Example with real words:

"hi my name is Al and i live in a box that i like very much and i can live in there as long as i want"

"hi my" -> ["name"]

"my name" -> ["is"]

"name is" -> ["Al"]

"is Al" -> ["and"]

........

"and i" -> ["live", "can"]

........

"i can" -> ["live"]

......

Now construct a loop:

Pick a random key, say "hi my" and randomly choose a value, only one here so its "name" (SAVING "hi my name").
Now move one step to the right taking "my name" as the next key and pick a random value... "is" (SAVING "hi my name is").
Now move and take "name is" ... "Al" (SAVING "hi my name is AL").
Now take "is Al" ... "and" (SAVING "hi my name is Al and").

...

When you come to "and i" you will randomly choose a value, lets say "can", then the word "i can" is made etc... when you come to your stop condition or that you have no values print the constructed string in our case:

"hi my name is Al and i can live in there as long as i want"

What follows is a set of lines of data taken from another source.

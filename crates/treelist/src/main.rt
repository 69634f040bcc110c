//! Reads a script from standard input, and prints what it shows or the line that refuses it.
#![tactic(auto)]

use anyhow::anyhow;
use scripts::faults::ScriptError;
use scripts::reading::{LIMIT, read};
use std::io::{Read, Write};

fn run(rt: &HostRuntime) -> anyhow::Result<()> {
    let mut script = Vec::new(rt.alloc());
    // One byte over the limit is enough to refuse a longer script.
    rt.stdin().take(LIMIT as u64 + 1).read_to_end(&mut script)?;
    match read(rt.alloc(), script.as_slice()) {
        Ok(record) => rt.stdout().write_all(record.as_slice())?,
        Err(ScriptError::Refused(refusal)) => println!(rt; "{refusal}")?,
        Err(ScriptError::NoMemory) => return Err(anyhow!("no memory for the record")),
    }
    Ok(())
}

fn main(rt: HostRuntime) -> anyhow::Result<()> {
    run(&rt)
}
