// Showing a varnode.
#![tactic(auto)]

ghost use Rattle.std.specs.Prelude.{◌≡◌};
ghost use Rattle.show.specs.Show.{view, showable, shown_in, shown};

use operation::layout::{RAM, REGISTER, Spaces, UNIQUE, Varnode};
use word::size::{is_size, within};

// The bytes of a varnode, as that very part of its space; an empty part where it has none.
pub fn show<'a>(memory: Spaces<&'a [u8]>, v: Varnode) -> &'a [u8]
    ensures { view result ≡ shown memory.entry.unique memory.entry.register memory.entry.ram v.space v.offset v.size }
{
    match v.space {
        UNIQUE => shown_in(memory.unique, v.offset, v.size),
        REGISTER => shown_in(memory.register, v.offset, v.size),
        RAM => shown_in(memory.ram, v.offset, v.size),
        _ => &memory.ram[0..0],
    }
}

// The part of one space.
fn shown_in<'a>(s: &'a [u8], offset: u64, size: u64) -> &'a [u8]
    ensures { view result ≡ shown_in s.entry offset size }
{
    if showable(s.len(), offset, size) {
        // Sliced: of `get` a contract tells the bytes, and not the place that `view` names.
        let at = offset as usize;
        &s[at..at + size as usize]
    } else {
        &s[0..0]
    }
}

// A size of 1 to 8, and a place within a space of n bytes.
#[tactic(auto, unfolding(crate::specs::Show::showable))]
fn showable(n: usize, offset: u64, size: u64) -> bool
    ensures { result ≡ showable n offset size }
{
    is_size(size) & within(offset, size, n as u64)
}
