#[test]
fn copies_masks_of_entries(rt: HostRuntime) -> Result<(), Fail> {
    let alloc = rt.alloc();
    let rows: [(&str, &[u8], (u32, u8)); 9] = [
        // The mask of an entry before and behind, which bits 2 and 3 are for R2 and R3.
        (".ENTRY F,^M<R2,R3>\n.MASK F\n", b"\x0C\0\x0C\0", (2, 2)),
        (
            ".MASK G\n.mask f\n.ENTRY F,^M<R2,R3>\n.ENTRY G,2\n",
            b"\x02\0\x0C\0\x0C\0\x02\0",
            (1, 2),
        ),
        (
            ".TRANSFER F\n.MASK F,^M<R4>\nJMP L^F+2\n.ENTRY F,^M<R2,R3>\n",
            b"\x1C\0\x17\xEF\x02\0\0\0\x0C\0",
            (1, 2),
        ),
        ("M=^M<R5>\n.ENTRY F,M\n.MASK F\n", b"\x20\0\x20\0", (3, 2)),
        // All of the expression is OR-ed, which may use the name of the entry and local labels of its own block.
        (".ENTRY F,4\n.MASK F,4+4\n", b"\x04\0\x0C\0", (2, 2)),
        (
            ".ENTRY F,12\n.MASK F , X\n.MASK F,F-F\nX=3\n",
            b"\x0C\0\x0F\0\x0C\0",
            (2, 2),
        ),
        (
            "A: .WORD 1\n2$: .WORD 2\n.MASK F,2$-A\n.ENTRY F,8\n",
            b"\x01\0\x02\0\x0A\0\x08\0",
            (3, 2),
        ),
        (".ENTRY F,5\n.MASK F,\n", b"\x05\0\x05\0", (2, 2)),
        (
            ".MACRO VECTOR X\n.MASK X\n.ENDM\nVECTOR F\n.ENTRY F,7\n",
            b"\x07\0\x07\0",
            (4, 2),
        ),
    ];
    differ(&rt, alloc, &rows)
}

#[test]
fn operators_see_32_bits_in_the_larger_one(rt: HostRuntime) -> Result<(), Fail> {
    let alloc = rt.alloc();
    let rows: [(&str, &[u8], &[u8]); 6] = [
        (".LONG ^X80000000/2\n", b"\0\0\0\xC0", b"\0\0\0\x40"),
        (
            ".LONG ^XFFFFFFFF@-4\n",
            b"\xFF\xFF\xFF\xFF",
            b"\xFF\xFF\xFF\x0F",
        ),
        (
            ".IF LT ^X80000000\n.BYTE 1\n.IFF\n.BYTE 2\n.ENDC\n",
            b"\x01",
            b"\x02",
        ),
        (
            "X=^X80000000\n.LONG X\n.BYTE X@-31\n",
            b"\0\0\0\x80\xFF",
            b"\0\0\0\x80\x01",
        ),
        (
            ".QUAD ^X123456789\n",
            b"\x89\x67\x45\x23\x01\0\0\0",
            b"\x89\x67\x45\x23\x01\0\0\0",
        ),
        (
            ".QUAD ^X80000000+0\n",
            b"\0\0\0\x80\xFF\xFF\xFF\xFF",
            b"\0\0\0\x80\0\0\0\0",
        ),
    ];
    for (source, vms, vax) in rows {
        let module = assemble(alloc, Dialect::Vms, source.as_bytes())?;
        assert!(rt; bytes_of(&module) == vms, "{source}");
        let module = assemble(alloc, Dialect::Vax, source.as_bytes())?;
        assert!(rt; bytes_of(&module) == vax, "{source}");
    }
    Ok(())
}

#[test]
fn tells_the_faults_of_the_larger_dialect(rt: HostRuntime) {
    let alloc = rt.alloc();
    let rows = [
        (".ODD 1\n", (1, 3)),
        (".BYTE 300,\n", (1, 7)),
        (".BYTE 1,[X]\nX=1\n", (1, 5)),
        (".BYTE .\n", (1, 4)),
        (".ALIGN .\n", (1, 4)),
        (". = 5\n", (1, 4)),
        (".BYTE 1,2\n. = .-1\n", (2, 7)),
        (".=X\nX: NOP\n", (1, 5)),
        ("A: NOP\n.PSECT B\n.=A\n", (3, 4)),
        (". == .+1\n", (1, 2)),
        (". = .+1048577\n", (1, 11)),
        (".PSECT ,LONG\n", (1, 4)),
        (".BLKO 1,2\n", (1, 3)),
        (".OCTA\n", (1, 3)),
        (".OCTA 18446744073709551616\n", (1, 7)),
        ("A: .OCTA A\n", (1, 4)),
        (".WORD ^MX\nX=1\n", (1, 4)),
        (".WORD ^MPC\n", (1, 4)),
        (".WORD ^M 2\n", (1, 4)),
        (".ASCID\n", (1, 3)),
        (".ASCID /ab\n", (1, 1)),
        (".ASCID X\n", (1, 1)),
        (".ASCID /a/=\n", (1, 4)),
        (".ASCID /a/<256>\n", (1, 7)),
        (".ERROR 1\n", (1, 12)),
        (".error 'x ; no\n", (1, 12)),
        ("A: .ERROR 18446744073709551616\n", (1, 12)),
        ("A: NOP\nA: .ERROR\n", (2, 6)),
        (".ERROR\n.BYTE 300,\n", (1, 12)),
        (".IF EQ 1\n.ERROR\n.ENDC\n.BYTE 300,\n", (4, 7)),
        (".MACRO NO X\n.ERROR X\n.ENDM\nNO 5\n", (4, 12)),
        (".NTYPE\n", (1, 3)),
        (".NTYPE T,R0,R1\n", (1, 3)),
        (".NTYPE 5,R0\n", (1, 4)),
        (".NTYPE .,R0\n", (1, 4)),
        (".NTYPE 1$,R0\n", (1, 4)),
        (".NTYPE T,#\n", (1, 4)),
        (".NTYPE T,R1[R2]\n", (1, 4)),
        (".NTYPE T,B^300(R1)\n", (1, 7)),
        ("T: .NTYPE T,R0\n", (1, 6)),
        (".MASK\n", (1, 3)),
        (".MASK F,1,2\n.ENTRY F,0\n", (1, 3)),
        (".MASK 5\n", (1, 4)),
        (".MASK .\n", (1, 4)),
        (".MASK 1$\n", (1, 4)),
        (".MASK ,4\n", (1, 4)),
        (".MASK F\n", (1, 5)),
        ("F: NOP\n.MASK F\n", (2, 5)),
        ("F=5\n.MASK F,F\n", (2, 5)),
        (".EXTERNAL F\n.MASK F\n", (2, 5)),
        (".MASK F\n.ENTRY F,M\nM=4\n", (1, 5)),
        (".MASK F,1$\n.ENTRY F,4\n", (1, 5)),
        (".ENTRY F,4\n.MASK F,F\n", (2, 4)),
        (".ENTRY F,4\n.MASK F,1+\n", (2, 4)),
        (".ENTRY F,4\n.MASK F,A\n", (2, 4)),
        (".ENTRY F,4\n.MASK F,65536\n", (2, 7)),
        (".ENTRY F,1\n.ENTRY F,2\n", (2, 6)),
        (".REF1\n", (1, 3)),
        (".REF2 R0,R1\n", (1, 3)),
        (".REF1 #256\n", (1, 7)),
        (".REF4 #\n", (1, 4)),
        (".REF16 R0\n", (1, 2)),
        (".ALIGN LONG,256\n", (1, 7)),
        (".ALIGN LONG,\n", (1, 4)),
        (".ALIGN LONG,X\nX=1\n", (1, 5)),
        (".ALIGN LONG,1,2\n", (1, 3)),
        (".ALIGN 10,300\n", (1, 7)),
        (".PSECT A,10\n", (1, 4)),
        (".PSECT A,2,LONG\n.PSECT A,3\n", (2, 4)),
        (".ENABLE\n", (1, 3)),
        (".ENABLE LISTING\n", (1, 4)),
        (".DEFAULT DISPLACEMENT\n", (1, 3)),
        (".DEFAULT DISPLACEMENT,BYTE,WORD\n", (1, 3)),
        (".DEFAULT DISPLACEMENT,QUAD\n", (1, 4)),
        (".DEFAULT SIZE,BYTE\n", (1, 4)),
        (
            ".DEFAULT DISPLACEMENT,BYTE\nTSTL A\n.BLKB 200\nA: NOP\n",
            (2, 7),
        ),
        // Nothing else defines a name that appears while `GLOBAL` is disabled.
        (".DISABLE DEBUG,GLOBAL\n.LONG X\n", (2, 5)),
        (
            ".DSABL GBL\nMOVL X,R0\n.LONG X\n.ENABL GBL\n.LONG Y\n",
            (2, 5),
        ),
        (".DISABLE GLOBAL\nA = X+1\n.LONG A\n", (2, 5)),
        (".DISABLE GLOBAL\nA: .LONG B-A\n.GLOBAL A\n", (2, 5)),
        (".DISABLE GLOBAL\nA: NOP\n.END B\n", (3, 5)),
        // A line's own fault goes before it.
        (".DISABLE GLOBAL\n.LONG X\n.BYTE 256\n", (3, 7)),
        (".ENABL LSB\n1$: NOP\n.DSABL LSB\nA: BRB 1$\n", (4, 5)),
        (".ENABL LSB\n1$: NOP\n1$: NOP\n", (3, 6)),
        (".SAVE_PSECT GLOBAL\n", (1, 4)),
        (".SAVE LOCAL_BLOCK,LOCAL_BLOCK\n", (1, 3)),
        (".REPT 32\n.SAVE\n.ENDR\n", (1, 9)),
        (".RESTORE_PSECT\n", (1, 8)),
        (".SAVE\n.RESTORE\n.RESTORE\n", (3, 8)),
        (".SAVE\n.RESTORE LOCAL_BLOCK\n", (2, 3)),
        ("1$: NOP\n.SAVE\n.PSECT A\n.RESTORE\nBRB 1$\n", (5, 5)),
        (
            "1$: NOP\n.SAVE LOCAL_BLOCK\n.PSECT A\n.RESTORE\n1$: NOP\n",
            (5, 6),
        ),
    ];
    are_faulty(&rt, alloc, Dialect::Vms, &rows);
}

#[test]
fn describes_a_text(rt: HostRuntime) -> Result<(), Fail> {
    let source = b".PSECT A\n.BYTE 1\n.ASCID /ab/\n.IIF NE 1,.ASCID /;/\n";
    let module = assemble(rt.alloc(), Dialect::Vms, source)?;
    let relocs = [(5, 9), (15, 19)];
    assert!(rt; module.relocs.as_slice().len() == relocs.len());
    for (found, (offset, text)) in module.relocs.as_slice().iter().zip(relocs) {
        let wanted = Reloc {
            section: 1,
            offset,
            kind: RelocKind::Long,
            target: Value::Section {
                section: 1,
                offset: text,
            },
        };
        assert!(rt; *found == wanted);
    }
    Ok(())
}

#[test]
fn reads_a_text_of_one_dialect_as_tokens_of_the_other(rt: HostRuntime) {
    let alloc = rt.alloc();
    let rows = [
        (".ASCID /a;b/\n", (1, 2)),
        (".ASCID ^a^\n", (1, 1)),
        (".ASCID \"a\"\n", (1, 2)),
        (".ASCID\n", (1, 2)),
    ];
    are_faulty(&rt, alloc, Dialect::Vax, &rows);
}

#[test]
fn shares_weak_names(rt: HostRuntime) -> Result<(), Fail> {
    let source = b".LONG C\n.WEAK A,B,C\n.EXTERNAL B\nA: .LONG B,D\n";
    let module = assemble(rt.alloc(), Dialect::Vms, source)?;
    assert!(rt; module.globals.as_slice().len() == 1);
    let externals = module.externals.as_slice();
    let wanted: [(&[u8], bool); 3] = [(b"C", true), (b"B", true), (b"D", false)];
    assert!(rt; externals.len() == wanted.len());
    for (found, (name, weak)) in externals.iter().zip(wanted) {
        assert!(rt; found.name.as_slice() == name);
        assert!(rt; found.weak == weak);
    }
    Ok(())
}
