//! Laws of sessions, each the contract of a call that does nothing.
ghost use Rattle.std.specs.Prelude.{◌≡◌, ◌≢◌, ℕ, false, Some, List, All, count_by};
ghost use Rattle.std.specs.Option.{IsSomeAnd};
ghost use Rattle.plans.specs.declared.plan.Plan.{Plan};
ghost use Rattle.plans.specs.PlanOf.{IsCompiled};
ghost use Rattle.runner.specs.Resting.{JobValue};
ghost use Rattle.session.specs.declared.step.SessionStep.{SessionStep};
ghost use Rattle.session.specs.declared.step.SessionStep.TheVariants.{JobStep};
ghost use Rattle.session.specs.World.{ScheduledProgram, WorldJob, World, nth_from_one, world_after, first_world};
ghost use Rattle.session.specs.Standing.{SessionValue, StandsAt, IsAt};
ghost use Rattle.session.specs.Laws.{is_step_of, GoesOnAlone, RunsAlone, ShowsItsOwnRun, MayChangePlaces, committed_batches, HasFolds, HasPrograms};

/// The state of a job depends on its own steps alone. Whatever steps are taken, it keeps its program, its graph and its bound
/// of turns, and has the configuration of its program's machine on that graph after as many instructions more as there are
/// steps of this job: no commit, hold, release, start or step of another job changes that. This holds in the world, and in a
/// session whose state is the world's.
pub fn jobs_go_by_their_own_steps()
    ensures world { (programs : List ScheduledProgram) (w : World) (steps : List SessionStep) (number : ℕ) (job : WorldJob)
        → nth_from_one w.jobs number ≡ Some job
        → IsSomeAnd (nth_from_one (world_after programs w steps).jobs number) (GoesOnAlone job (count_by (is_step_of number) steps)) }
    ensures session { (programs : List ScheduledProgram) (w : World) (steps : List SessionStep) (s : SessionValue) (number : ℕ) (job : WorldJob)
        → nth_from_one w.jobs number ≡ Some job → IsAt programs (world_after programs w steps) s
        → IsSomeAnd (nth_from_one s.jobs number) (RunsAlone job (count_by (is_step_of number) steps)) }
{}

/// A job of a session shows what its program's run shows on the job's graph after the job's own count of instructions; and
/// once it has ended, what the program means on that graph within the bound of turns.
pub fn jobs_show_their_own_runs()
    ensures { (j : JobValue) (job : WorldJob) → StandsAt j job → ShowsItsOwnRun job j }
{}

/// From the opening of a session on, there are as many versions beside version 0 as batches that were accepted, and the graph
/// of each, held or the newest, is the fold of the batches up to it.
pub fn versions_are_folds_of_their_batches()
    ensures { (programs : List ScheduledProgram) (n : ℕ) (steps : List SessionStep)
        → HasFolds n (committed_batches programs (first_world n) steps) (world_after programs (first_world n) steps) }
{}

/// The step of a job may change places with any step that is not of this job, once the job is there; and the steps of two jobs
/// may change places in any case: the replies and the world after both are the same.
pub fn steps_of_jobs_change_places()
    ensures any_step { (programs : List ScheduledProgram) (w : World) (number : ℕ) (job : WorldJob) (other : SessionStep)
        → nth_from_one w.jobs number ≡ Some job → is_step_of number other ≡ false → MayChangePlaces programs w (JobStep number) other }
    ensures two_jobs { (programs : List ScheduledProgram) (w : World) (one other : ℕ) → one ≢ other
        → MayChangePlaces programs w (JobStep one) (JobStep other) }
{}

/// Plans that were compiled are plans of some programs, so that a session of them is where a world stands.
pub fn compiled_plans_have_their_programs()
    ensures { (plans : List Plan) → All IsCompiled plans → HasPrograms plans }
{}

If you have more values you can jump to any keys. The more values the more combinations you have and the more random and fun the text will be.


The bot chooses a random word from your input and generates a response by choosing another random word that has been seen to be a successor to its held word. It then repeats the process by finding a successor to that word in turn and carrying on iteratively until it thinks it’s said enough. It reaches that conclusion by stopping at a word that was prior to a punctuation mark in the training text. It then returns to input mode again to let you respond, and so on.

It isn’t very realistic but I hereby challenge anyone to do better in 71 lines of code !! This is a great challenge for any budding Pythonists, and I just wish I could open the challenge to a wider audience than the small number of visitors I get to this blog. To code a bot that is always guaranteed to be grammatical must surely be closer to several hundred lines, I simplified hugely by just trying to think of the simplest rule to give the computer a mere stab at having something to say.

Its responses are rather impressionistic to say the least ! Also you have to put what you say in single quotes.

I used War and Peace for my “corpus” which took a couple of hours for the training run, use a shorter file if you are impatient…

here is the trainer

#lukebot-trainer.py
import pickle
b=open('war&peace.txt')
text=[]
for line in b:
    for word in line.split():
        text.append (word)
b.close()
textset=list(set(text))
follow={}
for l in range(len(textset)):
    working=[]
    check=textset[l]
    for w in range(len(text)-1):
        if check==text[w] and text[w][-1] not in '(),.?!':
            working.append(str(text[w+1]))
    follow[check]=working
a=open('lexicon-luke','wb')
pickle.dump(follow,a,2)
a.close()

Here is the bot:

#lukebot.py
import pickle,random
a=open('lexicon-luke','rb')
successorlist=pickle.load(a)
a.close()
def nextword(a):
    if a in successorlist:
        return random.choice(successorlist[a])
    else:
        return 'the'
speech=''
while speech!='quit':
    speech=raw_input('>')
    s=random.choice(speech.split())
    response=''
    while True:
        neword=nextword(s)
        response+=' '+neword
        s=neword
        if neword[-1] in ',?!.':
            break
    print response

You tend to get an uncanny feeling when it says something that seems partially to make sense.